Whatever lines the data contains, output all of them unchanged.

[Start of section]

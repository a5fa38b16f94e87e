ghost use Rattle.std.specs.Prelude.{◌≡◌, length, position, reverse};
ghost use Rattle.std.specs.List.{slice_split};
ghost use Rattle.br_model.specs.Answer.{Answers};
ghost use Rattle.br_model.specs.Name.{is_slash};
ghost use Rattle.br_model.specs.Console as model;
ghost use Rattle.br_mark.specs.Fault.{cause};

use crate::fault::MarkFault;
use br_tree::bare_name;
use std::alloc::Global;

/// Returns the number of bytes after the last slash, if there is one.
fn last_slash(name: &[u8]) -> Option<usize>
    ensures { result ≡ position is_slash (reverse name.now) }
{
    name.iter().rev().position(|byte| *byte == b'/')
}

/// Returns the number of bytes of the last component of a path.
fn last_component_len(path: &[u8]) -> usize
    ensures { result ≡ length (model.last_component path.now) }
{
    let name = bare_name(path);
    match last_slash(name) {
        Some(len) => len,
        None => name.len(),
    }
}

/// Goes to the parent directory; the parent of the root is the root.
fn go_up(directory: &mut Vec<u8>)
    ensures { directory.new.items ≡ model.parent directory.old.items }
{
    if directory.as_slice() != b"/".as_slice() {
        let above = directory
            .len()
            .saturating_sub(last_component_len(directory));
        directory.truncate(above.saturating_sub(1));
    }
}

/// Follows one component of a way.
fn go_on(directory: &mut Vec<u8>, component: &[u8]) -> Result<(), MarkFault>
    ensures { Answers (λ _. directory.new.items) cause result (model.step directory.old.items component.now) }
{
    if component.is_empty() {
        return Err(MarkFault::NoSuchDirectory);
    }
    if component == b".".as_slice() {
        return Ok(());
    }
    if component == b"..".as_slice() {
        go_up(directory);
        return Ok(());
    }
    directory.extend_from_slice(component)?;
    directory.extend_from_slice(b"/")?;
    Ok(())
}

/// Follows all components of a way.
fn follow(directory: &mut Vec<u8>, way: &[u8]) -> Result<(), MarkFault>
    ensures { Answers (λ _. directory.new.items) cause result (model.walk directory.old.items (slice_split is_slash way.now)) }
{
    for component in way.split(|byte| *byte == b'/') {
        go_on(directory, component)?;
    }
    Ok(())
}

/// Returns the directory to which a way leads from a directory.
fn followed(alloc: Global, directory: &[u8], way: &[u8]) -> Result<Vec<u8>, MarkFault>
    ensures { Answers (λ d. d.items) cause result (model.walk directory.now (slice_split is_slash way.now)) }
{
    let mut directory = Vec::from_slice(alloc, directory)?;
    follow(&mut directory, way)?;
    Ok(directory)
}

/// Returns the directory to which a way leads, from the root if it begins with `/`. One `/` at its
/// end is allowed. The directory need not exist.
///
/// # Errors
///
/// `NoSuchDirectory` if a component is empty.
#[tactic(auto, unfolding(br_model::specs::Console::resolve))]
pub(crate) fn resolve(alloc: Global, directory: &[u8], way: &[u8]) -> Result<Vec<u8>, MarkFault>
    ensures { Answers (λ d. d.items) cause result (model.resolve directory.now way.now) }
{
    if way == b"/".as_slice() {
        return Ok(Vec::from_slice(alloc, b"/")?);
    }
    let names = bare_name(way);
    if way.starts_with(b"/") {
        followed(alloc, b"/", &names[1..])
    } else {
        followed(alloc, directory, names)
    }
}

[End of section]

Response for this exercise ->
repository a5fa38b16f94e87e
ghost use Rattle.std.specs.Prelude.{◌≡◌, length, position, reverse};
ghost use Rattle.std.specs.List.{slice_split};
ghost use Rattle.br_model.specs.Answer.{Answers};
ghost use Rattle.br_model.specs.Name.{is_slash};
ghost use Rattle.br_model.specs.Console as model;
ghost use Rattle.br_mark.specs.Fault.{cause};

use crate::fault::MarkFault;
use br_tree::bare_name;
use std::alloc::Global;

/// Returns the number of bytes after the last slash, if there is one.
fn last_slash(name: &[u8]) -> Option<usize>
    ensures { result ≡ position is_slash (reverse name.now) }
{
    name.iter().rev().position(|byte| *byte == b'/')
}

/// Returns the number of bytes of the last component of a path.
fn last_component_len(path: &[u8]) -> usize
    ensures { result ≡ length (model.last_component path.now) }
{
    let name = bare_name(path);
    match last_slash(name) {
        Some(len) => len,
        None => name.len(),
    }
}

/// Goes to the parent directory; the parent of the root is the root.
fn go_up(directory: &mut Vec<u8>)
    ensures { directory.new.items ≡ model.parent directory.old.items }
{
    if directory.as_slice() != b"/".as_slice() {
        let above = directory
            .len()
            .saturating_sub(last_component_len(directory));
        directory.truncate(above.saturating_sub(1));
    }
}

/// Follows one component of a way.
fn go_on(directory: &mut Vec<u8>, component: &[u8]) -> Result<(), MarkFault>
    ensures { Answers (λ _. directory.new.items) cause result (model.step directory.old.items component.now) }
{
    if component.is_empty() {
        return Err(MarkFault::NoSuchDirectory);
    }
    if component == b".".as_slice() {
        return Ok(());
    }
    if component == b"..".as_slice() {
        go_up(directory);
        return Ok(());
    }
    directory.extend_from_slice(component)?;
    directory.extend_from_slice(b"/")?;
    Ok(())
}

/// Follows all components of a way.
fn follow(directory: &mut Vec<u8>, way: &[u8]) -> Result<(), MarkFault>
    ensures { Answers (λ _. directory.new.items) cause result (model.walk directory.old.items (slice_split is_slash way.now)) }
{
    for component in way.split(|byte| *byte == b'/') {
        go_on(directory, component)?;
    }
    Ok(())
}

/// Returns the directory to which a way leads from a directory.
fn followed(alloc: Global, directory: &[u8], way: &[u8]) -> Result<Vec<u8>, MarkFault>
    ensures { Answers (λ d. d.items) cause result (model.walk directory.now (slice_split is_slash way.now)) }
{
    let mut directory = Vec::from_slice(alloc, directory)?;
    follow(&mut directory, way)?;
    Ok(directory)
}

/// Returns the directory to which a way leads, from the root if it begins with `/`. One `/` at its
/// end is allowed. The directory need not exist.
///
/// # Errors
///
/// `NoSuchDirectory` if a component is empty.
#[tactic(auto, unfolding(br_model::specs::Console::resolve))]
pub(crate) fn resolve(alloc: Global, directory: &[u8], way: &[u8]) -> Result<Vec<u8>, MarkFault>
    ensures { Answers (λ d. d.items) cause result (model.resolve directory.now way.now) }
{
    if way == b"/".as_slice() {
        return Ok(Vec::from_slice(alloc, b"/")?);
    }
    let names = bare_name(way);
    if way.starts_with(b"/") {
        followed(alloc, b"/", &names[1..])
    } else {
        followed(alloc, directory, names)
    }
}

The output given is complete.